Há uma polêmica antiga a respeito do poder deste tipo de trabalho, de espírito turista, para favorecer a expansão do teatro, a partir da cooptação de plateias novas. Os puristas torcem o nariz e consideram a proposta uma afronta à pureza da cena. Como não temos pesquisas sistemáticas a respeito do público, nada ultrapassa o campo da conjetura – o popular achismo.
Os otimistas, categoria à qual pertenço, acreditam que qualquer forma de amor vale a pena e que estes espectadores noviços, incautos, serão mordidos pela mosca do teatro, principalmente se peças comunicativas e de bom padrão comercial forem oferecidas em sequência.
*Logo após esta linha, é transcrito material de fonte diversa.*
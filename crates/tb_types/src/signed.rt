ghost use Rattle.std.specs.Prelude.{◌≡◌};
ghost use Rattle.tb_types.specs.Zigzag.{zigzag_of, unzigzag_of};

/// A signed number as an unsigned one that is small where the signed one is near 0: 0, -1, 1, -2 are 0, 1, 2, 3
/// (Protocol Buffers, "Signed Integers").
pub fn zigzag(v: i64) -> u64
    ensures { result ≡ zigzag_of v }
{
    if v < 0 {
        2 * (-(v + 1)) as u64 + 1
    } else {
        2 * v as u64
    }
}

/// The signed number of an unsigned one, as `zigzag` makes it.
pub fn unzigzag(v: u64) -> i64
    ensures { result ≡ unzigzag_of v }
{
    let half = (v / 2) as i64;
    if v % 2 == 0 { half } else { -half - 1 }
}
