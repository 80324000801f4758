use crate::location::Grid;
use crate::seq::Seq;

/// A feature's geometry on a grid. A line that was not cut has one path.
#[derive(Debug, Drop)]
pub enum Shape {
    Point(Grid),
    Line(Seq<Seq<Grid>>),
    Area(Seq<GridPolygon>),
}

/// An outer ring and the rings that are holes in it. A ring's last point is joined to its first, which isn't repeated.
#[derive(Debug, Drop)]
pub struct GridPolygon {
    pub outer: Seq<Grid>,
    pub inners: Seq<Seq<Grid>>,
}
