ghost use Rattle.std.specs.Prelude.{◌≡◌, ℕ, List, [], ◌++◌, OnOk, OnErr, IfOk, IsUtf8, string_bytes};

use crate::memory::Memory;
use std::alloc::Global;
use std::marker::Model;

/// A text that contracts see as the list of its bytes, which are UTF-8.
#[derive(Debug, Drop)]
pub struct Text {
    text: String,
}

impl Model for Text {
    ghost Value = { List ℕ };

    ghost view = { λ t. string_bytes t.text };
}

impl Text {
    /// An empty text. It takes no memory.
    pub fn new(alloc: Global) -> Self
        ensures { result ≡ [] }
    {
        Text {
            text: String::new(alloc),
        }
    }

    /// A string as a text. It takes no memory.
    pub fn from_string(text: String) -> Self
        ensures { result ≡ string_bytes text }
    {
        Text { text }
    }

    /// A copy of a text.
    pub fn copy_of(alloc: Global, text: &str) -> Result<Self, Memory>
        ensures { IfOk result (λ copy. copy ≡ text.now) }
    {
        Ok(Text {
            text: String::from_str(alloc, text)?,
        })
    }

    /// The text as a string. It takes no memory.
    pub fn into_string(self) -> String
        ensures { string_bytes result ≡ self }
    {
        self.text
    }

    pub fn as_str(&self) -> &str
        ensures exact { result.now ≡ self.now }
        ensures utf8 { IsUtf8 self.now }
    {
        self.text.as_str()
    }

    /// Adds a text at the end. Where that is refused, this one is as it was.
    pub fn push_str(&mut self, more: &str) -> Result<(), Memory>
        ensures ok { OnOk result (self.new ≡ self.old ++ more.now) }
        ensures err { OnErr result (self.new ≡ self.old) }
    {
        self.text.push_str(more)?;
        Ok(())
    }
}
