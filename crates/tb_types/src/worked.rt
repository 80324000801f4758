ghost use Rattle.tb_types.specs.Laws.{AreaStartsAnywhere, AreaTurns};
ghost use Rattle.tb_types.specs.Worked.{WorkedPoints};

/// Worked paths, rings and signed numbers.
pub fn worked_points()
    ensures { WorkedPoints }
{}

/// The doubled area of a ring doesn't rest on where it starts, and turns its sign where the ring is reversed.
pub fn ring_laws()
    ensures start { AreaStartsAnywhere }
    ensures turn { AreaTurns }
{}
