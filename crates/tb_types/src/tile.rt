/// The width and height of a tile, in units of its zoom's grid.
pub const EXTENT: u32 = 4096;

/// A tile by its zoom, its column and its row.
#[derive(Clone, Copy, Debug, PartialEq, Eq)]
pub struct TileXyz {
    pub z: u8,
    pub x: u32,
    pub y: u32,
}

/// The number of a tile in an archive: the tiles of all lower zooms come before it, and those of its own zoom along a
/// Hilbert curve.
#[derive(Clone, Copy, Debug, PartialEq, Eq, PartialOrd, Ord, Hash)]
pub struct TileId(pub u64);
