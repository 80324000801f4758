use crate::seq::Seq;
use crate::text::Text;

/// The tags of an element: pairs of a key and a value.
#[derive(Debug, Drop)]
pub struct Tags {
    pub pairs: Seq<(Text, Text)>,
}

/// An attribute of a feature in a tile.
#[derive(Debug, Drop)]
pub struct Attr {
    pub name: Text,
    pub value: AttrValue,
}

/// The value of an attribute. Floating values are kept as their bits.
#[derive(Debug, Drop)]
pub enum AttrValue {
    Text(Text),
    Whole(i128),
    Truth(bool),
    Bits32(u32),
    Bits64(u64),
}

/// What an archive's metadata says of the values under one attribute name.
#[derive(Clone, Copy, Debug, PartialEq, Eq)]
pub enum FieldKind {
    Text,
    Number,
    Boolean,
}
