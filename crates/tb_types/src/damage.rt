/// Why bytes of an extract are outside its format.
#[derive(Clone, Copy, Debug, PartialEq, Eq)]
pub enum Why {
    /// A length, a header or a body passes the end.
    Cut,
    /// A frame's header has 65,536 bytes or more.
    HeaderLong,
    /// A frame's body has a negative length or one above the limit.
    BlobLong,
    /// The extract has too many bytes or frames.
    FileLong,
    /// Elements stand before any header, or there is none.
    NoHeader,
    /// A message or a packed list isn't one.
    Wire,
    /// A required field is missing.
    Missing,
    /// A body is compressed.
    Compressed,
    /// A body has no raw block.
    NoRaw,
    /// A raw block has 32 MiB or more.
    Over32M,
    /// The extract requires a feature that isn't supported.
    Feature,
    /// Lists that belong together differ in length.
    Uneven,
    /// A string's index is past the table.
    Index,
    /// A number is out of its range.
    Range,
}

/// The damage of a block. Its number is that of its frame, counted from 0.
#[derive(Clone, Copy, Debug, PartialEq, Eq)]
pub struct Damage {
    pub block: u32,
    pub why: Why,
}
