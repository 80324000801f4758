ghost use Rattle.std.specs.Prelude.{◌≡◌};
ghost use Rattle.tb_types.specs.Orders.{place_order, whom_order};

use crate::element::Place;
use crate::trouble::Whom;
use std::cmp::Ordering;

/// How two places stand, by `Place`'s own order: by their blocks, and in one block by their numbers.
pub fn compare_places(one: Place, other: Place) -> Ordering
    ensures { result ≡ place_order one other }
{
    one.cmp(&other)
}

/// How two objects outside stand, by `Whom`'s own order: the profile's source, the lanes by their numbers, the spool, the
/// archive's sink, the console.
pub fn compare_objects(one: Whom, other: Whom) -> Ordering
    ensures { result ≡ whom_order one other }
{
    one.cmp(&other)
}
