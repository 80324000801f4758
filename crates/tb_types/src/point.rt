ghost use Rattle.std.specs.Prelude.{◌≡◌, ◌^◌, ◌≤◌, ℤ, unsigned_abs};

use crate::location::{Grid, World};

/// A point of a plane, by its two whole coordinates.
pub trait Point: Copy {
    ghost x_of: { Self → ℤ };

    ghost y_of: { Self → ℤ };

    /// The coordinate that grows to the east.
    fn x(self) -> i64
        ensures exact { result ≡ x_of self }
        ensures small { unsigned_abs result ≤ 2 ^ 32 };

    /// The coordinate that grows to the south.
    fn y(self) -> i64
        ensures exact { result ≡ y_of self }
        ensures small { unsigned_abs result ≤ 2 ^ 32 };
}

impl Point for Grid {
    ghost x_of = { λ p. p.x };

    ghost y_of = { λ p. p.y };

    fn x(self) -> i64 {
        i64::from(self.x)
    }

    fn y(self) -> i64 {
        i64::from(self.y)
    }
}

impl Point for World {
    ghost use Rattle.std.specs.Prelude.{pos};

    ghost x_of = { λ p. pos p.x };

    ghost y_of = { λ p. pos p.y };

    fn x(self) -> i64 {
        i64::from(self.x)
    }

    fn y(self) -> i64 {
        i64::from(self.y)
    }
}
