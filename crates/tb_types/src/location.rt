/// A latitude and a longitude, in nanodegrees.
#[derive(Clone, Copy, Debug, PartialEq, Eq)]
pub struct LatLon {
    pub lat: i64,
    pub lon: i64,
}

/// A box of latitudes and longitudes, in nanodegrees.
#[derive(Clone, Copy, Debug, PartialEq, Eq)]
pub struct Bounds {
    pub left: i64,
    pub right: i64,
    pub top: i64,
    pub bottom: i64,
}

/// A point of the projected world, which is 2^32 units wide and high. Its y grows to the south.
#[derive(Clone, Copy, Debug, PartialEq, Eq, PartialOrd, Ord)]
pub struct World {
    pub x: u32,
    pub y: u32,
}

/// A point of a zoom's grid, which has 4096 units a tile, or of one tile, counted from its corner.
#[derive(Clone, Copy, Debug, PartialEq, Eq, PartialOrd, Ord)]
pub struct Grid {
    pub x: i32,
    pub y: i32,
}
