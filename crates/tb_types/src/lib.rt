//! Shared words: takes nothing, gives the lists, texts and plain values that all other crates speak of.
//!
//! Read `seq` and `text` (what contracts see as lists), then `element`, `location`, `tile` and `shape` (what an
//! extract holds and a tile shows), `point` and `ring` (paths and rings of any points), `signed`, then `damage` and `trouble`
//! (why a build is refused) and `orders`. `specs/Clean` has the form of a shape after clean-up, `specs/Results` how readers
//! go on and what code gives of a definition, `specs/Seats` the count of the seats that are out.
#![tactic(auto)]

mod attribute;
mod damage;
mod element;
mod location;
mod memory;
mod orders;
mod point;
mod ring;
mod seq;
mod shape;
mod signed;
mod text;
mod tile;
mod trouble;
mod worked;

pub use attribute::{Attr, AttrValue, FieldKind, Tags};
pub use damage::{Damage, Why};
pub use element::{Kind, OsmId, Place};
pub use location::{Bounds, Grid, LatLon, World};
pub use memory::Memory;
pub use orders::{compare_objects, compare_places};
pub use point::Point;
pub use ring::{doubled_area, is_same, ring_without_repeats, without_repeats};
pub use seq::Seq;
pub use shape::{GridPolygon, Shape};
pub use signed::{unzigzag, zigzag};
pub use text::Text;
pub use tile::{EXTENT, TileId, TileXyz};
pub use trouble::{Stage, Trouble, Whom};
pub use worked::{ring_laws, worked_points};
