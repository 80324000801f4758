ghost use Rattle.std.specs.Prelude.{◌≡◌, ◌^◌, ◌≤◌, ◌*ℤ◌, length, take, unsigned_abs, IfOk};
ghost use Rattle.tb_types.specs.Points.{same, distinct, opened, distinct_ring, turn, doubled_area};

use crate::memory::Memory;
use crate::point::Point;
use std::alloc::Global;

/// Whether two points are one.
pub fn is_same<P: Point>(p: P, q: P) -> bool
    ensures { result ≡ same P.x_of P.y_of p q }
{
    p.x() == q.x() && p.y() == q.y()
}

/// A path without repeated neighbours.
pub fn without_repeats<P: Point>(alloc: Global, path: &[P]) -> Result<Vec<P>, Memory>
    ensures { IfOk result (λ points. points.items ≡ distinct P.x_of P.y_of path.now) }
{
    let mut points = Vec::new(alloc);
    let Some((first, rest)) = path.split_first() else {
        return Ok(points);
    };
    points.push(*first)?;
    let mut p = *first;
    for q in rest {
        if !is_same(p, *q) {
            points.push(*q)?;
            p = *q;
        }
    }
    Ok(points)
}

/// A ring without repeated neighbours, also round its end, where the first point stays.
pub fn ring_without_repeats<P: Point>(alloc: Global, points: &[P]) -> Result<Vec<P>, Memory>
    ensures { IfOk result (λ ring. ring.items ≡ distinct_ring P.x_of P.y_of points.now) }
{
    let mut ring = without_repeats(alloc, points)?;
    let kept = opened_length(&ring);
    ring.truncate(kept);
    Ok(ring)
}

// How many points of a ring are left without its last one where that is the first again.
fn opened_length<P: Point>(ring: &[P]) -> usize
    ensures { take result ring.now ≡ opened P.x_of P.y_of ring.now }
{
    if ring.len() < 2 {
        return ring.len();
    }
    let last = ring.len() - 1;
    if is_same(ring[0], ring[last]) {
        return last;
    }
    ring.len()
}

/// The doubled area of a ring of at most 2^60 points, by the surveyor's formula: positive where x turns to y, as for the outer
/// rings of Mapbox Vector Tile 2.1, section 4.3.4.4.
pub fn doubled_area<P: Point>(ring: &[P]) -> i128
    requires few { length ring.now ≤ 2 ^ 60 }
    ensures { result ≡ doubled_area P.x_of P.y_of ring.now }
{
    let Some((first, rest)) = ring.split_first() else {
        return 0;
    };
    let mut sum = 0;
    let mut p = *first;
    for q in rest {
        sum += turn(p, *q);
        p = *q;
    }
    sum + turn(p, *first)
}

// What an edge adds to the doubled area.
fn turn<P: Point>(p: P, q: P) -> i128
    ensures exact { result ≡ turn P.x_of P.y_of p q }
    ensures small { unsigned_abs result ≤ 2 ^ 65 }
{
    product(p.x(), q.y()) - product(q.x(), p.y())
}

fn product(m: i64, n: i64) -> i128
    requires m { unsigned_abs m ≤ 2 ^ 32 }
    requires n { unsigned_abs n ≤ 2 ^ 32 }
    ensures exact { result ≡ m *ℤ n }
    ensures small { unsigned_abs result ≤ 2 ^ 64 }
{
    i128::from(m) * i128::from(n)
}
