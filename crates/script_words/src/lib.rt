// The words of a line after its first: the next one as a byte string or as a number, and what is wrong with a line.
// The methods of `Words` answer for every line and every place in it.
#![tactic(auto)]

ghost use Rattle.std.specs.Prelude.{◌≡◌, ◌<◌, ◌≤◌, IfOk, length};
ghost use Rattle.script_words.specs.Arguments.{bytes_at, value_at};
ghost use Rattle.script_words.specs.Words.{read_to, moved, word_next};

use base_bytes::Part;
use text_words::{Span, decimal, is_hex, next_word};

// What is wrong with a line.
#[derive(Clone, Copy)]
pub enum Reason {
    TooLong,
    UnknownWord,
    WordsMissing,
    TooManyWords,
    BadHex,
    BadNumber,
    BadPlace,
    BadPhase,
}

// The most that a number of a line can be.
pub const MOST_NUMBER: u32 = 4294967295;

// What was read of a line, and the place after it, as the definitions have it: `on_next` hands it on.
#[derive(Clone, Copy)]
pub struct Read<T> {
    pub value: T,
    pub next: usize,
}

// A line and a place in it: what is read is the next word, and the place moves past it.
#[derive(Clone, Copy)]
pub struct Words<'a> {
    pub line: &'a [u8],
    pub at: usize,
}

impl<'a> Words<'a> {
    pub fn new(line: &'a [u8], at: usize) -> Words<'a>
        ensures { result ≡ record { line = line.entry; at = at } }
    {
        Words { line, at }
    }

    // The next word; where there is none, the place stays.
    #[tactic(auto, unfolding(crate::specs::Words::word_next))]
    pub fn next(&mut self) -> Result<Span, Reason>
        ensures found { read_to result self.new.at ≡ word_next self.old.line.now self.old.at }
        ensures moved { self.new ≡ moved self.old }
        ensures inside { IfOk result (λ w. (w.from < w.to) × (w.to ≤ length self.old.line.now)) }
    {
        let word = next_word(self.line, self.at).ok_or(Reason::WordsMissing)?;
        self.at = word.to;
        Ok(word)
    }

    // A byte string, by the part of the line that spells it.
    #[tactic(auto, unfolding(crate::specs::Arguments::bytes_at, crate::specs::Words::word_next, base_choice::specs::Choice::pick))]
    pub fn bytes(&mut self) -> Result<Part, Reason>
        ensures found { read_to result self.new.at ≡ bytes_at self.old.line.now self.old.at }
        ensures moved { self.new ≡ moved self.old }
    {
        let Span { from, to } = self.next()?;
        if !is_hex(&self.line[from..to]) {
            return Err(Reason::BadHex);
        }
        Ok(Part {
            start: from,
            len: to - from,
        })
    }

    #[tactic(auto, unfolding(crate::specs::Arguments::value_at, crate::specs::Words::word_next))]
    pub fn value(&mut self, most: u32) -> Result<u32, Reason>
        ensures found { read_to result self.new.at ≡ value_at most self.old.line.now self.old.at }
        ensures within { IfOk result (λ n. n ≤ most) }
        ensures moved { self.new ≡ moved self.old }
    {
        let Span { from, to } = self.next()?;
        decimal(&self.line[from..to], most).ok_or(Reason::BadNumber)
    }
}
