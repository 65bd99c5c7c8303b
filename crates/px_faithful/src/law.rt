//! What holds of histories.
ghost use Rattle.px_faithful.specs.Faithful.{LegalAndOwnIsSerial, SomeoneGoesOn, FewEvents, FewTries, FewInAll};

/// A legal history, each of whose events is what its session's attempt comes to, is the run of its calls one at a time, in the order of their ends.
pub fn legal_and_own_is_serial()
    ensures { LegalAndOwnIsSerial }
{}

/// While a call isn't over, some session can begin, do, die or end.
pub fn someone_goes_on()
    ensures { SomeoneGoesOn }
{}

/// A session's events are few, for each attempt that it began.
pub fn few_events()
    ensures { FewEvents }
{}

/// A session that gave no call up tries each of its calls as often as it may, at most.
pub fn few_tries()
    ensures { FewTries }
{}

/// Where no call was given up, a history has at most 102 events for each call and each time that it may be tried.
pub fn few_in_all()
    ensures { FewInAll }
{}
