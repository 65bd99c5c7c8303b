//! What placements cost, and their load, added up by hand.
ghost use Rattle.px_graph.specs.Problem.{IsProblem};

use crate::graphs::{SIX, Tables, graph, pins, placement};
use px_code::{Pins, Placement};
use px_graph::{Graph, is_problem};
use std::alloc::{AllocError, Global};
use std::test::Fail;

// The sides of the nodes, the weights of the edges whose ends are apart, and the counts of the nodes at DB.
const SUMS: [(&str, u128, u64); 12] = [
    ("AAAAAA", 30, 0),
    ("DDDDDD", 4, 3 + 2 + 5),
    ("DAAAAA", 4 + 10 + 10 + 30, 0),
    ("ADAAAA", 10 + 8 + 1, 3),
    ("AADAAA", 10 + 30 + 10 + 8 + 1 + 7 + 5, 2),
    ("AAADAA", 30 + 10 + 10, 0),
    ("AAAADA", 30 + 10 + 7, 5),
    ("AAAAAD", 30 + 5, 0),
    ("DDDAAA", 4 + 10 + 7 + 5, 3 + 2),
    ("AAADDA", 30 + 10 + 7, 5),
    ("DADADA", 4 + 10 + 30 + 10 + 10 + 8 + 1 + 5, 2 + 5),
    // nodes that aren't there are at APP
    ("DD", 4 + 10 + 8 + 1, 3),
];

fn sums_of(graph: &Graph, _pins: &Pins, placement: &Placement) -> (u128, u64)
    requires { IsProblem graph.now _pins.now.sides }
{
    (graph.cost(placement), graph.load(placement))
}

// None where a sum might not fit.
fn sums(alloc: Global, tables: &Tables, letters: &str) -> Result<Option<(u128, u64)>, AllocError> {
    let graph = graph(alloc, tables)?;
    let free = pins(alloc, letters)?;
    if !is_problem(&graph, &free) {
        return Ok(None);
    }
    let placement = placement(alloc, letters)?;
    Ok(Some(sums_of(&graph, &free, &placement)))
}

#[test]
fn sums_are_as_by_hand(rt: HostRuntime) -> Result<(), Fail> {
    let alloc = rt.alloc();
    for (letters, cost, load) in SUMS {
        assert_eq!(rt;
            sums(alloc, &SIX, letters)?,
            Some((cost, load)),
            "{letters}"
        );
    }
    Ok(())
}

// Counts, and whether their sum fits.
const COUNTS: [(&[u64], bool); 4] = [
    (&[], true),
    (&[u64::MAX], true),
    (&[u64::MAX, 1], false),
    (&[1, u64::MAX - 1], true),
];

#[test]
fn counts_fit_up_to_their_end(rt: HostRuntime) -> Result<(), Fail> {
    let alloc = rt.alloc();
    let free = pins(alloc, "--")?;
    for (counts, want) in COUNTS {
        let graph = graph(
            alloc,
            &Tables {
                edges: &[],
                counts,
                methods: &[],
            },
        )?;
        assert_eq!(rt; is_problem(&graph, &free), want);
    }
    Ok(())
}
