//! Tests of partition graphs and of the chooser. Tables of cases, over public functions alone.
#![tactic(auto)]

#[cfg(test)]
mod choices;
#[cfg(test)]
mod graphs;
#[cfg(test)]
mod sums;
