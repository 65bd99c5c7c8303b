//! What statements and expressions do to what the frames of a call share. Whoever gives a meaning to source or code lifts these.
#![tactic(auto)]
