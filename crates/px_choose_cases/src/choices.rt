//! What is chosen, found by hand: the first change that fits and is cheaper, again and again.
ghost use Rattle.px_graph.specs.Problem.{IsProblem};

use crate::graphs::{PAIR, RIVALS, SIX, Tables, graph, letters, pins};
use px_choose::choose;
use px_code::{Pins, Placement};
use px_graph::{Graph, is_problem};
use std::alloc::{AllocError, Global};
use std::test::Fail;

// A graph, a budget, pins, what is chosen, and its cost.
const CHOICES: [(Tables, u64, &str, &str, u128); 19] = [
    // All at DB is the best, and fits where the budget is just reached.
    (SIX, 1000, "------", "DDDDDD", 4),
    (SIX, 10, "------", "DDDDDD", 4),
    // From all at APP only the query goes.
    (SIX, 9, "------", "ADAAAA", 19),
    (SIX, 3, "------", "ADAAAA", 19),
    (SIX, 2, "------", "AAAAAA", 30),
    (SIX, 0, "------", "AAAAAA", 30),
    // What is pinned at DB takes nothing of the budget.
    (SIX, 5, "DDD---", "DDDDDD", 4),
    // The method node costs as much at one side as at the other, so it stays.
    (SIX, 4, "DDD---", "DDDAAD", 21),
    (SIX, 0, "-DA---", "ADAAAA", 19),
    (SIX, 0, "ADDAAA", "ADDAAA", 42),
    // Neither node would go alone, but the method goes where the budget is just reached.
    (PAIR, 5, "----", "DDAA", 0),
    (PAIR, 4, "----", "AAAA", 12),
    (PAIR, 0, "----", "AAAA", 12),
    // With pins one of them goes alone, or none.
    (PAIR, 2, "-D--", "DDAA", 0),
    (PAIR, 1, "-D--", "ADAA", 16),
    (PAIR, 1000, "A---", "AAAA", 12),
    (PAIR, 1000, "AD--", "ADAA", 16),
    // The first that goes leaves no room for the second, though that would be better.
    (RIVALS, 3, "--", "DA", 9),
    (RIVALS, 6, "--", "DD", 0),
];

fn cost(graph: &Graph, _pins: &Pins, placement: &Placement) -> u128
    requires { IsProblem graph.now _pins.now.sides }
{
    graph.cost(placement)
}

// What is chosen, and its cost; none where a sum might not fit.
fn choice(
    alloc: Global,
    tables: &Tables,
    budget: u64,
    pinned: &str,
) -> Result<Option<(String, u128)>, AllocError> {
    let graph = graph(alloc, tables)?;
    let pins = pins(alloc, pinned)?;
    if !is_problem(&graph, &pins) {
        return Ok(None);
    }
    let placement = choose(alloc, &graph, budget, &pins)?;
    let cost = cost(&graph, &pins, &placement);
    Ok(Some((letters(alloc, &placement)?, cost)))
}

#[test]
fn choices_are_as_by_hand(rt: HostRuntime) -> Result<(), Fail> {
    let alloc = rt.alloc();
    for (tables, budget, pinned, want, cost) in CHOICES {
        match choice(alloc, &tables, budget, pinned)? {
            Some((chosen, sum)) => {
                assert_eq!(rt; chosen.as_str(), want, "{budget} {pinned}");
                assert_eq!(rt; sum, cost, "{budget} {pinned}");
            }
            None => assert_eq!(rt; "no problem", want),
        }
    }
    Ok(())
}
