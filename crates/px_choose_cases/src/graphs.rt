//! Graphs, placements and pins from plain tables.
use px_code::{Pins, Placement, Side};
use px_graph::{Edge, EdgeKind, End, Graph, Group};
use sqlite_items::Items;
use std::alloc::{AllocError, Global};

/// The kind of an edge, its ends, and its weight.
pub type Line = (EdgeKind, End, u32, u64);

/// A graph as tables: the edges, the counts of the nodes, the nodes of each method.
#[derive(Clone, Copy)]
pub struct Tables {
    pub edges: &'static [Line],
    pub counts: &'static [u64],
    pub methods: &'static [&'static [u32]],
}

// Method node 1 with the query 2 and the statement 3, which writes the field 6; method node 4 with the statement 5, which reads the field.
pub const SIX: Tables = Tables {
    edges: &[
        (EdgeKind::Control, End::App, 1, 4),
        (EdgeKind::Control, End::Node(1), 2, 10),
        (EdgeKind::Control, End::Node(1), 3, 10),
        (EdgeKind::Control, End::Db, 2, 30),
        (EdgeKind::Control, End::Node(3), 4, 10),
        (EdgeKind::Control, End::Node(4), 5, 10),
        (EdgeKind::Control, End::Node(4), 4, 100),
        (EdgeKind::Data, End::Node(2), 3, 8),
        (EdgeKind::Data, End::Node(2), 3, 1),
        (EdgeKind::Data, End::Node(3), 5, 7),
        (EdgeKind::Update, End::Node(6), 3, 5),
    ],
    counts: &[0, 3, 2, 0, 5, 0],
    methods: &[&[1, 2, 3], &[4, 5]],
};

// Two nodes that are bound to each other and to DB, and two that are bound to APP.
pub const PAIR: Tables = Tables {
    edges: &[
        (EdgeKind::Control, End::Db, 1, 6),
        (EdgeKind::Control, End::Db, 2, 6),
        (EdgeKind::Data, End::Node(1), 2, 10),
        (EdgeKind::Control, End::App, 3, 5),
        (EdgeKind::Data, End::Node(3), 4, 1),
    ],
    counts: &[2, 3, 50, 50],
    methods: &[&[1, 2], &[3, 4]],
};

// Two nodes that would both be at DB, of which the second has more to gain.
pub const RIVALS: Tables = Tables {
    edges: &[
        (EdgeKind::Control, End::Db, 1, 5),
        (EdgeKind::Control, End::Db, 2, 9),
    ],
    counts: &[3, 3],
    methods: &[&[1], &[2]],
};

fn edges(alloc: Global, lines: &[Line]) -> Result<Items<Edge>, AllocError> {
    let mut edges = Items::new(alloc);
    for line in lines {
        let (kind, from, to, weight) = *line;
        edges.push(Edge {
            kind,
            from,
            to,
            weight,
        })?;
    }
    Ok(edges)
}

fn groups(alloc: Global, methods: &[&[u32]]) -> Result<Items<Group>, AllocError> {
    let mut groups = Items::new(alloc);
    for nodes in methods {
        groups.push(Group {
            nodes: Items::from_slice(alloc, *nodes)?,
        })?;
    }
    Ok(groups)
}

pub fn graph(alloc: Global, tables: &Tables) -> Result<Graph, AllocError> {
    Ok(Graph {
        edges: edges(alloc, tables.edges)?,
        counts: Items::from_slice(alloc, tables.counts)?,
        methods: groups(alloc, tables.methods)?,
    })
}

fn side(letter: u8) -> Option<Side> {
    match letter {
        b'A' => Some(Side::App),
        b'D' => Some(Side::Db),
        _ => None,
    }
}

/// `A` and `D` for each node.
pub fn placement(alloc: Global, letters: &str) -> Result<Placement, AllocError> {
    let mut sides = Items::new(alloc);
    for letter in letters.as_bytes() {
        sides.push(side(*letter).unwrap_or(Side::App))?;
    }
    Ok(Placement { sides })
}

/// `A` and `D` for a node that is pinned, and `-` for one that is free.
pub fn pins(alloc: Global, letters: &str) -> Result<Pins, AllocError> {
    let mut sides = Items::new(alloc);
    for letter in letters.as_bytes() {
        sides.push(side(*letter))?;
    }
    Ok(Pins { sides })
}

pub fn letters(alloc: Global, placement: &Placement) -> Result<String, AllocError> {
    let mut text = String::new(alloc);
    for side in placement.sides.as_slice() {
        text.push_str(match side {
            Side::App => "A",
            Side::Db => "D",
        })?;
    }
    Ok(text)
}
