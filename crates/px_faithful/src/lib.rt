//! What a history of a core means: the run of its calls one at a time.
#![tactic(auto)]

pub mod law;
Para quem não demoniza o mercado, nada a temer, esta faixa ajuda a manter o viço da arte, graças ao mágico poder do… capital!
Na trama da peça, o foco incide sobre um cientista, Marco Polo, ateu, especializado no estudo da mente. Ele recebe um convite da ONU para pesquisar a inteligência de Jesus, ou seja, é envolvido num belo desafio. Para o autor, Jesus deve ser visto como o maior especialista no campo da emoção humana: “… mestre da sensibilidade”. E mais – além de demonstrar doçura, ele “enxergava nitidamente além das profundezas da nossa condição humana”.
O texto do livro foi adaptado para o palco pelo próprio autor, em colaboração com a atriz Francis Helena Cozta. Vários temas debatidos no calor dos dias de agora estarão em cena: gestão da emoção, autocontrole, criatividade, solidariedade, felicidade, amor, depressão, violência contra a mulher. Portanto, a cena estará propondo um diálogo fervilhante com o cidadão do presente, algo que o teatro ama, ainda que busque muito mais fazer perguntas do que sugerir respostas.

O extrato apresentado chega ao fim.